WHAT YOU NEED TO DO » Repeat the data exactly as it appears.

RECORDS TO USE »
/---

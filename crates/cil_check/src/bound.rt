//! The statements of a bound policy.

ghost use Rattle.std.specs.Prelude.{◌≡◌, ◌<◌, ◌∷◌, [], ℕ, List, None, IsTrue, length, slice_get, slice_index_or, Some};
ghost use Rattle.cil_bind.specs.AboutNames.{name_places as places_of_kinds};
ghost use Rattle.cil_bind.specs.Binding.{AreLeads, kinds_of};
ghost use Rattle.cil_specs.specs.Lookup.{references as references_of};
ghost use Rattle.cil_check.specs.Common.{Word, components, Placed, read, kind_of, texts_of, names_of, AreNumbersOf, test_of, IsOf, IsSeen, policy_kind_of, fault_at, IsFoundFault};

use crate::fault::{PolicyFault, PolicyFaultKind};
use crate::kinds::Kind;
use cil_bind::{Joined, Policy, References};
use cil_parse::{NumberedWord, ParsedModule, StatementKind, StatementView};
use std::alloc::{Allocator, Global};

/// A statement as it is seen: its module and the module's name, its view, where its references lead, and the numbers of the names of
/// its module.
#[derive(Drop)]
pub struct Seen<'p, 'm, A: Allocator = Global> {
    pub module: &'m ParsedModule<A>,
    pub name: &'m [u8],
    pub view: StatementView<'m>,
    pub bound: References<'p>,
    pub words: &'p [u32],
}

/// The number at an index, and 0 past the end.
fn number_at(words: &[u32], k: usize) -> u32
    ensures { result ≡ slice_index_or words.now k 0 }
{
    match words.get(k) {
        Some(n) => *n,
        None => 0,
    }
}

impl<'p, 'm, A: Allocator> Seen<'p, 'm, A> {
    /// The place that a reference leads to.
    pub fn lead(&self, k: usize) -> Option<u32>
        ensures { result ≡ slice_index_or self.now.bound k None }
    {
        self.bound.place(k)
    }

    /// A word of the statement.
    pub fn word(&self, k: usize) -> Option<NumberedWord>
        ensures { result ≡ slice_get self.now.view.words.now k }
    {
        self.view.words.get(k).copied()
    }

    /// The number of a word that is one name, in the numbering of the policy.
    pub fn number(&self, word: NumberedWord) -> u32
        requires { (w : Word) × (read (texts_of self.now.«module».now) word ≡ Some w) }
        ensures { (names : List (List ℕ)) (w : Word) → AreNumbersOf names self.now.words.now (names_of self.now.«module».now) → read (texts_of self.now.«module».now) word ≡ Some w → components w.text ≡ w.text ∷ []
            → slice_get names result ≡ Some w.text }
    {
        let path = self.module.components(word.text as usize);
        let k = number_at(path, 0);
        number_at(self.words, k as usize)
    }

    /// The fault of a kind at a word of the statement.
    pub fn fault(&self, kind: PolicyFaultKind, word: NumberedWord) -> PolicyFault<'m>
        requires { (w : Word) × (read (texts_of self.now.«module».now) word ≡ Some w) }
        ensures { (policy : List Placed) (s : Placed) (w : Word) → IsSeen self.now policy s → read (texts_of self.now.«module».now) word ≡ Some w → IsFoundFault result (λ f. f ≡ fault_at (policy_kind_of kind) s w) }
    {
        PolicyFault::Found {
            kind,
            module: self.name,
            at: word.at,
            word: self.module.text(word.text as usize),
        }
    }
}

/// A policy whose references are bound, with its modules.
#[derive(Drop)]
pub struct BoundPolicy<'p, 'm, A: Allocator = Global> {
    pub joined: &'p Joined<'m, A>,
    pub policy: &'p Policy<'m, A>,
}

impl<'p, 'm, A: Allocator> BoundPolicy<'p, 'm, A> {
    /// How many statements there are.
    pub fn len(&self) -> usize
        ensures { (policy : List Placed) → IsOf self.now policy → result ≡ length policy }
    {
        self.policy.rows.len()
    }

    /// The kinds of the statements, in their order.
    pub fn kinds(&self) -> &'p [StatementKind]
        ensures { (policy : List Placed) → IsOf self.now policy → result.now ≡ kinds_of policy }
    {
        self.policy.kinds.as_slice()
    }

    /// The places of the statements about names, in their order.
    pub fn name_places(&self) -> &'p [u32]
        ensures { (policy : List Placed) → IsOf self.now policy
            → result.now ≡ places_of_kinds 0 (kinds_of policy) }
    {
        self.policy.name_places.as_slice()
    }

    /// Where the references of the statement of a place lead.
    #[inline(always)]
    pub fn references(&self, i: usize) -> References<'p>
        requires { (policy : List Placed) × IsOf self.now policy × (i < length policy) }
        ensures { (policy : List Placed) (s : Placed) → IsOf self.now policy
            → slice_get policy i ≡ Some s
            → AreLeads policy s.namespace (references_of s.form) result }
    {
        self.policy.references(self.joined, i)
    }

    /// The statement of a place. It is inlined, since most callers need a part of it.
    #[inline(always)]
    pub fn seen(&self, i: usize) -> Seen<'p, 'm, A>
        requires is { (policy : List Placed) × IsOf self.now policy × (i < length policy) }
        ensures seen { (policy : List Placed) (s : Placed) → IsOf self.now policy → slice_get policy i ≡ Some s → IsSeen result policy s }
        ensures worded { (policy : List Placed) → IsOf self.now policy → AreNumbersOf self.now.policy.now.names result.words.now (names_of result.«module».now) }
    {
        let row = self.policy.rows[i];
        let number = row.module as usize;
        let named = &self.joined.modules[number];
        Seen {
            module: named.module,
            name: named.name,
            view: named.module.statement(row.index as usize),
            bound: self.references(i),
            words: self.policy.words[number].as_slice(),
        }
    }

    /// Whether the statement of a place stands in an optional.
    #[inline(always)]
    pub fn is_inside(&self, i: usize) -> bool
        requires { (policy : List Placed) × IsOf self.now policy × (i < length policy) }
        ensures { IsTrue result → (policy : List Placed) (s : Placed) → IsOf self.now policy
            → slice_get policy i ≡ Some s → s.optionals ≡ [] → ⊥ }
    {
        self.policy.rows[i].optional != 0
    }

    /// The kind of the statement of a place, without its words.
    pub fn kind(&self, i: usize) -> StatementKind
        requires { (policy : List Placed) × IsOf self.now policy × (i < length policy) }
        ensures { (policy : List Placed) (s : Placed) → IsOf self.now policy → slice_get policy i ≡ Some s → result ≡ kind_of s.form }
    {
        self.policy.kinds[i]
    }

    /// Whether the statement of a place declares a thing of a kind.
    pub fn is(&self, place: u32, kind: Kind) -> bool
        requires { (policy : List Placed) × IsOf self.now policy }
        ensures { (policy : List Placed) (s : Placed) → IsOf self.now policy → slice_get policy place ≡ Some s → result ≡ test_of kind s.form }
    {
        if place as usize >= self.len() {
            return false;
        }
        kind.is(self.kind(place as usize))
    }
}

\---

ANSWER »
filename crates/cil_check/src/bound.rt
//! The statements of a bound policy.

ghost use Rattle.std.specs.Prelude.{◌≡◌, ◌<◌, ◌∷◌, [], ℕ, List, None, IsTrue, length, slice_get, slice_index_or, Some};
ghost use Rattle.cil_bind.specs.AboutNames.{name_places as places_of_kinds};
ghost use Rattle.cil_bind.specs.Binding.{AreLeads, kinds_of};
ghost use Rattle.cil_specs.specs.Lookup.{references as references_of};
ghost use Rattle.cil_check.specs.Common.{Word, components, Placed, read, kind_of, texts_of, names_of, AreNumbersOf, test_of, IsOf, IsSeen, policy_kind_of, fault_at, IsFoundFault};

use crate::fault::{PolicyFault, PolicyFaultKind};
use crate::kinds::Kind;
use cil_bind::{Joined, Policy, References};
use cil_parse::{NumberedWord, ParsedModule, StatementKind, StatementView};
use std::alloc::{Allocator, Global};

/// A statement as it is seen: its module and the module's name, its view, where its references lead, and the numbers of the names of
/// its module.
#[derive(Drop)]
pub struct Seen<'p, 'm, A: Allocator = Global> {
    pub module: &'m ParsedModule<A>,
    pub name: &'m [u8],
    pub view: StatementView<'m>,
    pub bound: References<'p>,
    pub words: &'p [u32],
}

/// The number at an index, and 0 past the end.
fn number_at(words: &[u32], k: usize) -> u32
    ensures { result ≡ slice_index_or words.now k 0 }
{
    match words.get(k) {
        Some(n) => *n,
        None => 0,
    }
}

impl<'p, 'm, A: Allocator> Seen<'p, 'm, A> {
    /// The place that a reference leads to.
    pub fn lead(&self, k: usize) -> Option<u32>
        ensures { result ≡ slice_index_or self.now.bound k None }
    {
        self.bound.place(k)
    }

    /// A word of the statement.
    pub fn word(&self, k: usize) -> Option<NumberedWord>
        ensures { result ≡ slice_get self.now.view.words.now k }
    {
        self.view.words.get(k).copied()
    }

    /// The number of a word that is one name, in the numbering of the policy.
    pub fn number(&self, word: NumberedWord) -> u32
        requires { (w : Word) × (read (texts_of self.now.«module».now) word ≡ Some w) }
        ensures { (names : List (List ℕ)) (w : Word) → AreNumbersOf names self.now.words.now (names_of self.now.«module».now) → read (texts_of self.now.«module».now) word ≡ Some w → components w.text ≡ w.text ∷ []
            → slice_get names result ≡ Some w.text }
    {
        let path = self.module.components(word.text as usize);
        let k = number_at(path, 0);
        number_at(self.words, k as usize)
    }

    /// The fault of a kind at a word of the statement.
    pub fn fault(&self, kind: PolicyFaultKind, word: NumberedWord) -> PolicyFault<'m>
        requires { (w : Word) × (read (texts_of self.now.«module».now) word ≡ Some w) }
        ensures { (policy : List Placed) (s : Placed) (w : Word) → IsSeen self.now policy s → read (texts_of self.now.«module».now) word ≡ Some w → IsFoundFault result (λ f. f ≡ fault_at (policy_kind_of kind) s w) }
    {
        PolicyFault::Found {
            kind,
            module: self.name,
            at: word.at,
            word: self.module.text(word.text as usize),
        }
    }
}

/// A policy whose references are bound, with its modules.
#[derive(Drop)]
pub struct BoundPolicy<'p, 'm, A: Allocator = Global> {
    pub joined: &'p Joined<'m, A>,
    pub policy: &'p Policy<'m, A>,
}

impl<'p, 'm, A: Allocator> BoundPolicy<'p, 'm, A> {
    /// How many statements there are.
    pub fn len(&self) -> usize
        ensures { (policy : List Placed) → IsOf self.now policy → result ≡ length policy }
    {
        self.policy.rows.len()
    }

    /// The kinds of the statements, in their order.
    pub fn kinds(&self) -> &'p [StatementKind]
        ensures { (policy : List Placed) → IsOf self.now policy → result.now ≡ kinds_of policy }
    {
        self.policy.kinds.as_slice()
    }

    /// The places of the statements about names, in their order.
    pub fn name_places(&self) -> &'p [u32]
        ensures { (policy : List Placed) → IsOf self.now policy
            → result.now ≡ places_of_kinds 0 (kinds_of policy) }
    {
        self.policy.name_places.as_slice()
    }

    /// Where the references of the statement of a place lead.
    #[inline(always)]
    pub fn references(&self, i: usize) -> References<'p>
        requires { (policy : List Placed) × IsOf self.now policy × (i < length policy) }
        ensures { (policy : List Placed) (s : Placed) → IsOf self.now policy
            → slice_get policy i ≡ Some s
            → AreLeads policy s.namespace (references_of s.form) result }
    {
        self.policy.references(self.joined, i)
    }

    /// The statement of a place. It is inlined, since most callers need a part of it.
    #[inline(always)]
    pub fn seen(&self, i: usize) -> Seen<'p, 'm, A>
        requires is { (policy : List Placed) × IsOf self.now policy × (i < length policy) }
        ensures seen { (policy : List Placed) (s : Placed) → IsOf self.now policy → slice_get policy i ≡ Some s → IsSeen result policy s }
        ensures worded { (policy : List Placed) → IsOf self.now policy → AreNumbersOf self.now.policy.now.names result.words.now (names_of result.«module».now) }
    {
        let row = self.policy.rows[i];
        let number = row.module as usize;
        let named = &self.joined.modules[number];
        Seen {
            module: named.module,
            name: named.name,
            view: named.module.statement(row.index as usize),
            bound: self.references(i),
            words: self.policy.words[number].as_slice(),
        }
    }

    /// Whether the statement of a place stands in an optional.
    #[inline(always)]
    pub fn is_inside(&self, i: usize) -> bool
        requires { (policy : List Placed) × IsOf self.now policy × (i < length policy) }
        ensures { IsTrue result → (policy : List Placed) (s : Placed) → IsOf self.now policy
            → slice_get policy i ≡ Some s → s.optionals ≡ [] → ⊥ }
    {
        self.policy.rows[i].optional != 0
    }

    /// The kind of the statement of a place, without its words.
    pub fn kind(&self, i: usize) -> StatementKind
        requires { (policy : List Placed) × IsOf self.now policy × (i < length policy) }
        ensures { (policy : List Placed) (s : Placed) → IsOf self.now policy → slice_get policy i ≡ Some s → result ≡ kind_of s.form }
    {
        self.policy.kinds[i]
    }

    /// Whether the statement of a place declares a thing of a kind.
    pub fn is(&self, place: u32, kind: Kind) -> bool
        requires { (policy : List Placed) × IsOf self.now policy }
        ensures { (policy : List Placed) (s : Placed) → IsOf self.now policy → slice_get policy place ≡ Some s → result ≡ test_of kind s.form }
    {
        if place as usize >= self.len() {
            return false;
        }
        kind.is(self.kind(place as usize))
    }
}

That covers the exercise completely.